▸ **Brief**: As soon as the line containing "for n in 0..rows" appears in the material below, start returning lines exactly, and end with the line containing "them pass its".
*****
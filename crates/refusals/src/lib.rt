// Of the lower library: the refusals, their numbers, and the order in which an operation asks.
// What stands above relies on the contracts here and on the laws of specs/, never on how a function does it.
#![tactic(auto)]

pub mod refusals;
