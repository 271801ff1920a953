// What an operation refuses. specs/Refusals.antt gives the number and value of each case, as documents 01 and 02 fix
// them.
ghost use Rattle.std.specs.Prelude.{◌≡◌};
ghost use Rattle.refusals.specs.Refusals.{number_of_reason, number_of, value_of, values_of};
ghost use Rattle.refusals.specs.Said.{check_with, check, outcome_said, number_in};
ghost use Rattle.refusals.specs.declared.refusals.Refusal.TheVariants.{Plain};

use std::fmt;

// Why an input, or a state, is refused where nothing is returned besides the number.
#[derive(Clone, Copy, Debug, PartialEq, Eq)]
pub enum Reason {
    // program: fewer than 4 size bytes
    SizesMissing,
    // a side is 0 or above 255
    SideRange,
    // cells given are not rows × columns in number
    CellCount,
    // pattern or strip taller or wider than the text
    TooLarge,
    // corner or strip column beyond R − r or C − c
    CornerOutside,
    // program: text or pattern of more than 16,384 cells
    TooManyCells,
    // links buffer shorter than R × c
    LinksBufferShort,
    // flags or counts buffer shorter than the number of windows
    WindowBufferShort,
    // the pattern symbol already has another image
    HasOtherImage,
    // the text symbol is already another's image
    HasOtherPreimage,
    // a bijection whose columns disagree or hold a number above 256
    ColumnsDisagree,
    // flags that differ from the truth for some window
    FlagsFalse,
    // the scale is 0, or the pattern enlarged by it taller or wider than the text
    ScaleUnfit,
}

// By what an input, or a state, is refused.
#[derive(Clone, Copy, Debug, PartialEq, Eq)]
pub enum Refusal {
    // with nothing but its number
    Plain(Reason),
    // listing of wrong form; the place of the record
    ListingForm(usize),
    // listing with a false statement; the place of the record
    ListingFalse(usize),
    // listing buffer shorter than the listing; the length needed
    ListingBufferShort(usize),
    // cursor at or past the end of the listing; the cursor's place
    CursorSpent(usize),
}

impl Reason {
    // Refused for this reason, unless the test passes.
    pub fn unless(self, passes: bool) -> Result<(), Refusal>
        ensures { outcome_said result ≡ check passes (number_of_reason self) }
    {
        Refusal::from(self).unless(passes)
    }
}

impl Refusal {
    // Refused by this, unless the test passes. An order of refusals is a chain of these, each with a `?`.
    pub fn unless(self, passes: bool) -> Result<(), Refusal>
        ensures { outcome_said result ≡ check_with passes (number_of self) (values_of self) }
    {
        if passes { Ok(()) } else { Err(self) }
    }

    // What a refusal returns besides its number: the length needed of 11 and the place of 6, 7 and 15.
    pub fn value(self) -> Option<usize>
        ensures { result ≡ value_of self }
    {
        match self {
            Refusal::Plain(_) => None,
            Refusal::ListingForm(at) => Some(at),
            Refusal::ListingFalse(at) => Some(at),
            Refusal::ListingBufferShort(needed) => Some(needed),
            Refusal::CursorSpent(at) => Some(at),
        }
    }
}

impl From<Reason> for Refusal {
    ghost from_gives = { λ why r. r ≡ Plain why };

    fn from(why: Reason) -> Refusal {
        Refusal::Plain(why)
    }
}

// The number of a reason, in the table of documents 01 and 02.
impl From<Reason> for u8 {
    ghost from_gives = { λ why n. n ≡ number_of_reason why };

    fn from(why: Reason) -> u8 {
        match why {
            Reason::SizesMissing => 1,
            Reason::SideRange => 2,
            Reason::CellCount => 3,
            Reason::TooLarge => 4,
            Reason::CornerOutside => 5,
            Reason::TooManyCells => 8,
            Reason::LinksBufferShort => 9,
            Reason::WindowBufferShort => 10,
            Reason::HasOtherImage => 12,
            Reason::HasOtherPreimage => 13,
            Reason::ColumnsDisagree => 14,
            Reason::FlagsFalse => 16,
            Reason::ScaleUnfit => 17,
        }
    }
}

// The number of a refusal, in the same table.
impl From<Refusal> for u8 {
    ghost from_gives = { λ why n. n ≡ number_of why };

    fn from(why: Refusal) -> u8 {
        match why {
            Refusal::Plain(reason) => u8::from(reason),
            Refusal::ListingForm(_) => 6,
            Refusal::ListingFalse(_) => 7,
            Refusal::ListingBufferShort(_) => 11,
            Refusal::CursorSpent(_) => 15,
        }
    }
}

// As the program prints it, without the end of the line.
impl fmt::Display for Refusal {
    fn fmt<W: fmt::Write>(&self, f: &mut fmt::Formatter<W>) -> fmt::Result {
        write!(f, "refused {}", u8::from(*self))
    }
}

// The number of an answer: 0 where it is accepted.
pub fn answer_number<T>(answer: &Result<T, Refusal>) -> u8
    ensures { result ≡ number_in answer.now }
{
    match answer {
        Ok(_) => 0,
        Err(why) => u8::from(*why),
    }
}
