ghost use Rattle.std.specs.Prelude.{◌≡◌, ◌+◌, ◌*◌, ◌<◌, ◌≤◌, ◌^◌, length, IfOk, IfErr};
ghost use Rattle.lan_levels.specs.Offsets.{AreOffsets, place_at};
ghost use Rattle.lan_levels.specs.Runs.{placed, run};
ghost use Rattle.lan_index.specs.Refusals.{Offsets, OffsetsStand, stretch};

use crate::fault::IndexFault;
use crate::reading::number;
use lan_bytes::View;
use lan_model::Range;
use std::marker::Model;

/// The places of a full-zip page's rows, lent where they stand. A contract sees their bytes, and how
/// many rows there are.
///
/// There are eight bytes a row, low byte first, for the place of its first slot, counted from the
/// front of the page's content, and eight more for the content's end.
#[derive(Debug, Drop)]
pub struct ZipIndex<'a> {
    places: &'a [u8],
    rows: u64,
    content: u64,
}

impl<'a> Model for ZipIndex<'a> {
    ghost use Rattle.std.specs.Prelude.{◌^◌, ◌<◌, ◌≤◌, length};
    ghost use Rattle.lan_levels.specs.Offsets.{AreOffsets};
    ghost use Rattle.lan_index.specs.Refusals.{Offsets};

    ghost Value = { Offsets };

    ghost view = { λ v. record { rows = v.rows; content = v.content; places = v.places.now } };

    ghost invariant = { λ v. AreOffsets v.rows v.content v.places.now × (length v.places.now ≤ 2 ^ 63) };
}

impl<'a> ZipIndex<'a> {
    /// The bytes as the places of so many rows in a content of `bytes` bytes, lent and never copied.
    pub fn open(view: View<'a>, rows: u64, bytes: u64) -> Result<ZipIndex<'a>, IndexFault>
        ensures ok { IfOk result (λ index. index ≡ record { rows = rows; content = bytes; places = view.entry.bytes }) }
        ensures index { IfOk result (λ _. AreOffsets rows bytes view.entry.bytes) }
        ensures cause { IfErr result (OffsetsStand rows bytes view.entry.bytes) }
        ensures none { IfErr result (λ _. AreOffsets rows bytes view.entry.bytes → ⊥) }
    {
        let places = view.bytes();
        check_offsets(places, rows, bytes)?;
        Ok(ZipIndex {
            places,
            rows,
            content: bytes,
        })
    }

    /// The bytes of the content that hold a row, counted from 0.
    pub fn range(&self, row: u64) -> Range
        requires { row < self.now.rows }
        ensures value { stretch result ≡ run (placed self.now.places) row }
        ensures within { result.at + result.len ≤ self.now.content }
    {
        let at = place(self.places, row);
        let past = place(self.places, row + 1);
        Range { at, len: past - at }
    }
}

/// Refuses bytes that aren't the places of so many rows.
fn check_offsets(places: &[u8], rows: u64, bytes: u64) -> Result<(), IndexFault>
    requires { length places.now ≤ 2 ^ 63 }
    ensures ok { IfOk result (λ _. AreOffsets rows bytes places.now) }
    ensures cause { IfErr result (OffsetsStand rows bytes places.now) }
    ensures none { IfErr result (λ _. AreOffsets rows bytes places.now → ⊥) }
{
    let len = places.len() as u64;
    if len % 8 != 0 || len / 8 <= rows || len / 8 - 1 != rows {
        return Err(IndexFault::Length);
    }
    let mut last = 0;
    for n in 0..rows + 1 {
        let next = place(places, n);
        if next < last || (n == 0 && next != 0) {
            return Err(IndexFault::Falling(n));
        }
        last = next;
    }
    if last != bytes {
        return Err(IndexFault::End);
    }
    Ok(())
}

/// The place of that number, counted from 0.
fn place(places: &[u8], n: u64) -> u64
    requires room { 8 * (n + 1) ≤ length places.now }
    requires few { length places.now ≤ 2 ^ 63 }
    ensures { result ≡ place_at places.now n }
{
    number(places, 8 * n)
}
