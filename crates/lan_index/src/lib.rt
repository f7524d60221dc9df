//! Where the rows of a page lie: offsets, chunk words and the index of rows.
#![tactic(auto)]

mod fault;
pub mod laws;
mod offsets;
mod reading;
mod rows;
mod run;
mod words;

pub use fault::IndexFault;
pub use offsets::ZipIndex;
pub use rows::RowIndex;
pub use run::Run;
pub use words::ChunkWords;
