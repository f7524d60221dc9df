/// Why bytes are no index of a page. Each presumes that none above it stands.
#[derive(Clone, Copy, Debug, PartialEq, Eq)]
pub enum IndexFault {
    /// The chunk words aren't one or more whole words; the index of rows hasn't 16 bytes a chunk; the
    /// offsets haven't 8 bytes a row and 8 more.
    Length,
    /// The slots of the chunks leave too few or too many for the last, or a chunk has too many.
    Slots,
    /// A chunk is too long, or the chunks haven't as many bytes as the content in all.
    Size,
    /// The rows that begin in the chunks aren't as many as the page has.
    Rows,
    /// Of the chunk of this number, counted from 0, the rows and the slots before them pass its
    /// slots, or no row begins there and the slots before aren't all its slots, or it is the first
    /// and has slots before.
    Lead(u64),
    /// The offset of this number, counted from 0, is below the one before it, or it is the first
    /// and isn't 0.
    Falling(u64),
    /// The last offset isn't the content's length.
    End,
}
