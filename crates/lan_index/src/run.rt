/// Successive chunks of a mini-block page that hold a row or a slot.
#[derive(Clone, Copy, Debug, PartialEq, Eq)]
pub struct Run {
    /// The number of the first chunk, counted from 0.
    pub first: u64,
    /// The number behind that of the last chunk.
    pub past: u64,
    /// How many row starts of the first chunk stand before the row, or how many slots before the slot.
    pub skip: u64,
    /// The first byte of the first chunk, counted from the front of the page's chunks.
    pub at: u64,
    /// How many bytes the chunks have.
    pub len: u64,
}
*****
▸ **Response**:
    for n in 0..rows + 1 {
        let next = place(places, n);
        if next < last || (n == 0 && next != 0) {
            return Err(IndexFault::Falling(n));
        }
        last = next;
    }
    if last != bytes {
        return Err(IndexFault::End);
    }
    Ok(())
}

/// The place of that number, counted from 0.
fn place(places: &[u8], n: u64) -> u64
    requires room { 8 * (n + 1) ≤ length places.now }
    requires few { length places.now ≤ 2 ^ 63 }
    ensures { result ≡ place_at places.now n }
{
    number(places, 8 * n)
}
filename crates/lan_index/src/lib.rt
repository f7524d60221dc9df
//! Where the rows of a page lie: offsets, chunk words and the index of rows.
#![tactic(auto)]

mod fault;
pub mod laws;
mod offsets;
mod reading;
mod rows;
mod run;
mod words;

pub use fault::IndexFault;
pub use offsets::ZipIndex;
pub use rows::RowIndex;
pub use run::Run;
pub use words::ChunkWords;
repository f7524d60221dc9df
/// Why bytes are no index of a page. Each presumes that none above it stands.
#[derive(Clone, Copy, Debug, PartialEq, Eq)]
pub enum IndexFault {
    /// The chunk words aren't one or more whole words; the index of rows hasn't 16 bytes a chunk; the
    /// offsets haven't 8 bytes a row and 8 more.
    Length,
    /// The slots of the chunks leave too few or too many for the last, or a chunk has too many.
    Slots,
    /// A chunk is too long, or the chunks haven't as many bytes as the content in all.
    Size,
    /// The rows that begin in the chunks aren't as many as the page has.
    Rows,
    /// Of the chunk of this number, counted from 0, the rows and the slots before them pass its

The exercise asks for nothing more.